START AVAILABLE DATA

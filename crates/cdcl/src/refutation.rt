//! Proofs that nothing satisfies a formula.

ghost use Rattle.std.specs.Prelude.{IfOk};
ghost use Rattle.base.specs.Budget.{Spends};
ghost use Rattle.cdcl.specs.Refutations.{IsProved};
ghost use Rattle.lrat.specs.Limits.{IsFormula};

use crate::refuted::Refuted;
use crate::refuter::Refuter;
use base::Budget;
use lrat::Formula;
use solver::SatError;
use std::alloc::Global;

/// Finds a proof that nothing satisfies the formula, or else a model: `Refuter::refute` without units.
pub fn refute(alloc: Global, formula: &Formula, budget: &mut Budget) -> Result<Refuted, SatError>
    requires { IsFormula formula.now }
    ensures spends { Spends budget.old budget.new }
    ensures lawful { IfOk result (IsProved formula.now budget.new) }
{
    let mut refuter = Refuter::new(alloc, formula, 0)?;
    refuter.refute(alloc, &[], budget)
}
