//! Carrying a circuit's gates over, one after the other.

ghost use Rattle.std.specs.Prelude.{◌≡◌, ◌+◌, ◌<◌, ◌≤◌, length, OnOk};
ghost use Rattle.std.specs.HashMap.{get};
ghost use Rattle.graph.specs.Circuits.{variable};
ghost use Rattle.graph.specs.WellFormed.{IsModel};
ghost use Rattle.shrink.specs.Hashed.{AreCarried, image_of, renamed};
ghost use Rattle.shrink.specs.Making.{AreMade, IsTable, same_sides};

use crate::making::Making;
use base::Refused;
use graph::{Lit, Parts};

/// The literal that a literal is carried to: that of its variable, negated where it is.
pub fn rename(image: &[Lit], lit: Lit) -> Lit
    requires in_range { variable lit < length image.now }
    requires room { (image_of image.now (variable lit)).0 < 4294967295 }
    ensures { result ≡ renamed image.now lit }
{
    let image = image[lit.variable() as usize];
    if !lit.is_negated() {
        image
    } else if image.is_negated() {
        Lit(image.0 - 1)
    } else {
        Lit(image.0 + 1)
    }
}

/// Carries the gates over in an order in which each comes after those that it reads.
pub fn carry_gates(
    parts: &Parts,
    order: &[u32],
    first: u32,
    image: &mut [Lit],
    making: &mut Making,
) -> Result<(), Refused>
    requires model { IsModel parts.now order.now }
    requires room { first + length order.now ≤ 4194304 }
    requires begins { AreCarried parts.now order.now first image.old making.old.gates image.old 0 }
    requires made { AreMade first making.old.gates }
    requires table { IsTable first making.old.gates (get same_sides making.old.table) }
    ensures made { OnOk result (AreMade first making.new.gates) }
    ensures carried { OnOk result (AreCarried parts.now order.now first image.old making.new.gates image.new (length order.now)) }
    ensures table { OnOk result (IsTable first making.new.gates (get same_sides making.new.table)) }
{
    let gates = parts.gates.as_slice();
    for position in order {
        let gate = gates[*position as usize];
        let left = rename(image, gate.rhs0);
        let right = rename(image, gate.rhs1);
        image[gate.lhs.variable() as usize] = making.and(first, left, right)?;
    }
    Ok(())
}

END AVAILABLE DATA

#### [REQUIRED ACTION]
Could you reproduce every record above exactly as it stands?

#### [EXPECTED ANSWER]
filename crates/cdcl/src/refutation.rt
//! Proofs that nothing satisfies a formula.

ghost use Rattle.std.specs.Prelude.{IfOk};
ghost use Rattle.base.specs.Budget.{Spends};
ghost use Rattle.cdcl.specs.Refutations.{IsProved};
ghost use Rattle.lrat.specs.Limits.{IsFormula};

use crate::refuted::Refuted;
use crate::refuter::Refuter;
use base::Budget;
use lrat::Formula;
use solver::SatError;
use std::alloc::Global;

/// Finds a proof that nothing satisfies the formula, or else a model: `Refuter::refute` without units.
pub fn refute(alloc: Global, formula: &Formula, budget: &mut Budget) -> Result<Refuted, SatError>
    requires { IsFormula formula.now }
    ensures spends { Spends budget.old budget.new }
    ensures lawful { IfOk result (IsProved formula.now budget.new) }
{
    let mut refuter = Refuter::new(alloc, formula, 0)?;
    refuter.refute(alloc, &[], budget)
}
//! Carrying a circuit's gates over, one after the other.

ghost use Rattle.std.specs.Prelude.{◌≡◌, ◌+◌, ◌<◌, ◌≤◌, length, OnOk};
ghost use Rattle.std.specs.HashMap.{get};
ghost use Rattle.graph.specs.Circuits.{variable};
ghost use Rattle.graph.specs.WellFormed.{IsModel};
ghost use Rattle.shrink.specs.Hashed.{AreCarried, image_of, renamed};
ghost use Rattle.shrink.specs.Making.{AreMade, IsTable, same_sides};

use crate::making::Making;
use base::Refused;
use graph::{Lit, Parts};

/// The literal that a literal is carried to: that of its variable, negated where it is.
pub fn rename(image: &[Lit], lit: Lit) -> Lit
    requires in_range { variable lit < length image.now }
    requires room { (image_of image.now (variable lit)).0 < 4294967295 }
    ensures { result ≡ renamed image.now lit }
{
    let image = image[lit.variable() as usize];
    if !lit.is_negated() {
        image
    } else if image.is_negated() {
        Lit(image.0 - 1)
    } else {
        Lit(image.0 + 1)
    }
}

/// Carries the gates over in an order in which each comes after those that it reads.
pub fn carry_gates(
    parts: &Parts,
    order: &[u32],
    first: u32,
    image: &mut [Lit],
    making: &mut Making,
) -> Result<(), Refused>
    requires model { IsModel parts.now order.now }
    requires room { first + length order.now ≤ 4194304 }
    requires begins { AreCarried parts.now order.now first image.old making.old.gates image.old 0 }
    requires made { AreMade first making.old.gates }
    requires table { IsTable first making.old.gates (get same_sides making.old.table) }
    ensures made { OnOk result (AreMade first making.new.gates) }
    ensures carried { OnOk result (AreCarried parts.now order.now first image.old making.new.gates image.new (length order.now)) }
    ensures table { OnOk result (IsTable first making.new.gates (get same_sides making.new.table)) }
{
    let gates = parts.gates.as_slice();
    for position in order {
        let gate = gates[*position as usize];
        let left = rename(image, gate.rhs0);
        let right = rename(image, gate.rhs1);
        image[gate.lhs.variable() as usize] = making.and(first, left, right)?;
    }
    Ok(())
}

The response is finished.